FIGURE 53.6 Intraoperative image of frameless stereotactic systems. Depicted are the Nexframe and Nexdrive (Medtronic, Minneapolis, MN). Nexframe is a disposable device that fits over the Navigus Stimloc base (Medtronic) and allows deep brain stimulation (DBS) procedures to be performed without a stereotactic head frame. Once Nexframe is aligned with the intended trajectory using image guidance software, it functions as a stable cranium-mounted guide for the introduction of the DBS lead. On the top is a disposable microdrive that also acts as a simplified interface for microelectrode recording (MER) and is used for MER and final implantation of DBS electrodes.
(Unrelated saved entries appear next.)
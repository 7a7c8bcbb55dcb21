//! A module with the front of its file.

ghost use Rattle.std.specs.Prelude.{◌≡◌, [], IfOk};
ghost use Rattle.bq_label_set.specs.Labels.{with_labels};
ghost use Rattle.bq_load_front.specs.Front.{loads_by};
ghost use Rattle.bq_load_discover.specs.Module.{module_of};

use bq_base::{Fault, FaultKind, SourceErr};
use bq_label::Label;
use bq_load_front::{Front, Inputs, front_of};
use std::alloc::{AllocError, Global};

/// A module of a workspace.
#[derive(Drop)]
pub struct Module {
    pub label: Label,
    /// What its file is on its own, or the fault that the file has on its own.
    pub front: Result<Front, Fault<FaultKind>>,
}

impl Module {
    /// Reads the module of this label.
    pub fn of(alloc: Global, inputs: &Inputs<'_>, label: &Label) -> Result<Module, AllocError>
        ensures { IfOk result (λ m. m ≡ module_of inputs.now label.now) }
    {
        let shared = label.share()?;
        match front_of(alloc, inputs, label) {
            Ok(front) => Ok(Module {
                label: shared,
                front: Ok(front),
            }),
            Err(SourceErr::Bad(fault)) => Ok(Module {
                label: shared,
                front: Err(fault),
            }),
            Err(SourceErr::Memory) => Err(AllocError),
        }
    }

    /// Drops what its file is. What is left is a module whose file is missing.
    pub(crate) fn forget(&mut self) {
        self.front = Err(Fault::at(FaultKind::NoSuchFile, 0));
    }

    /// Returns the labels of the files that it loads, each once, in the order in which it first loads them; none if its
    /// file has a fault.
    #[tactic(auto, unfolding(bq_label_set::specs::Labels::with_labels))]
    pub fn loads(&self) -> &[Label]
        ensures { result.now ≡ with_labels [] (loads_by self.now.front) }
    {
        match &self.front {
            Ok(front) => front.loads.files(),
            Err(_) => &[],
        }
    }
}
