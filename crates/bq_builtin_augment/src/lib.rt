//! An operator and its operands come in; the value of `a op= b` goes out, and the machine afterwards.
//!
//! The promise: [`augment`] does exactly what the definition of its name does to the machine, unless memory runs out
//! (`augment` in `specs/InPlace.antt` of bq_builtin_operators): `+=` on a list and `|=` on a dict change it and return it, and
//! all else is the operator.
#![tactic(auto)]

mod augmented;

pub use augmented::augment;
pub use bq_builtin_operators::set_index;
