//! Which module loads which, by their numbers.

ghost use Rattle.std.specs.Prelude.{◌≡◌, ◌<◌, ◌++◌, length, option_to_list, IfOk, IfErr, OnOk};
ghost use Rattle.bq_base.specs.Limits.{AreBounded, number_bound};
ghost use Rattle.bq_board_plan.specs.Graph.{Fits, lists, IsGraph};
ghost use Rattle.std.specs.List.{filter_map};
ghost use Rattle.bq_load_discover.specs.Edges.{number_in, rows_of, RefusesEdges};

use crate::load_err::LoadErr;
use crate::modules::Module;
use bq_base::Limits;
use bq_board_plan::Graph;
use bq_label::Label;
use bq_label_set::LabelSet;
use std::alloc::{AllocError, Global};

/// Appends the number of a label.
fn add_number(numbers: &LabelSet, label: &Label, row: &mut Vec<u32>) -> Result<(), AllocError>
    requires { length numbers.now < number_bound }
    ensures { OnOk result (row.new.items ≡ row.old.items ++ option_to_list (number_in numbers.now label.now)) }
{
    match numbers.number(label)? {
        None => Ok(()),
        Some(number) => {
            row.push(number as u32)?;
            Ok(())
        }
    }
}

/// Returns the numbers of labels, in their order.
fn row(alloc: Global, numbers: &LabelSet, labels: &[Label]) -> Result<Vec<u32>, AllocError>
    requires { length numbers.now < number_bound }
    ensures { IfOk result (λ row. row.items ≡ filter_map (number_in numbers.now) labels.now) }
{
    let mut row = Vec::with_capacity(alloc, labels.len())?;
    for label in labels {
        add_number(numbers, label, &mut row)?;
    }
    Ok(row)
}

/// Returns the rows of modules.
fn rows(alloc: Global, numbers: &LabelSet, modules: &[Module]) -> Result<Vec<Vec<u32>>, AllocError>
    requires { length numbers.now < number_bound }
    ensures { IfOk result (λ rows. lists rows.items ≡ rows_of numbers.now modules.now) }
{
    let mut rows = Vec::new(alloc);
    for loader in modules {
        rows.push(row(alloc, numbers, loader.loads())?)?;
    }
    Ok(rows)
}

/// Returns the edges between modules, one for each of these labels, if they keep the limits.
pub(crate) fn edges(
    alloc: Global,
    limits: Limits,
    labels: &LabelSet,
    modules: &[Module],
) -> Result<Graph, LoadErr>
    requires bounded { AreBounded limits }
    requires few { length labels.now < number_bound }
    requires wide { length labels.now ≡ length modules.now }
    ensures edges { IfOk result (λ graph. graph ≡ rows_of labels.now modules.now) }
    ensures valid { OnOk result (IsGraph (rows_of labels.now modules.now)) }
    ensures fits { OnOk result (Fits limits (rows_of labels.now modules.now)) }
    ensures refused { IfErr result (RefusesEdges limits (rows_of labels.now modules.now)) }
{
    match Graph::of_known(limits, rows(alloc, labels, modules)?) {
        Some(graph) => Ok(graph),
        None => Err(LoadErr::TooManyModules),
    }
}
(Reprinted with permission from Rezai AR, Machado AG, Deogaonkar M, et al. Surgery for movement disorders. Neurosurgery 2008;62(Suppl 2):809-838.)

Surgical Procedure

The stereotactic frame is placed (Fig. 53.7) and the patient is positioned supine with the stereotactic head frame fixed to the operating room table after acquisition of a stereotactic CT scan. Typically, the stereotactic CT scan is then merged with the previously acquired MRI scan and the stereotactic coordinates are obtained. The stereotactic coordinates are set on the frame and used to determine the site for skin incision and bur hole based on earlier entry point and trajectory planning. Generally in the planning, a bur hole and entry point anterior to the coronal suture are chosen. After the bur hole is performed, the dura is opened and pia coagulated for corticotomy. The microelectrodes are then inserted with the tip of the electrode placed at a defined offset above the target. At this time microelectrode recording (MER) is commenced as the electrodes are advanced in sub-millimeter steps. All sedation should be stopped before the commencement of microelectrode recording as the sedation may affect the electrophysiological mapping. MER allows for definition and verification of the physiological target. The frequency and pattern of activity of the various nuclei and white matter tracts encountered in the path to the physiological target are noted and may help determine the relationship of the trajectory to the target. These characteristic electrophysiological signatures of the targeted nuclei help confirm the physiological target. Macrostimulation is then performed to determine benefits and side effects of the stimulation.

image

FIGURE 53.7 Method for stereotactic head frame placement. The frame placement is performed under local anesthesia with sedation with the patient in the sitting position. The frame should be placed parallel to a line extending from the lateral canthus to the tragus (orbitomeatal line depicted in red) to approximate the plane of the anterior commissure-posterior commissure (AC-PC) line.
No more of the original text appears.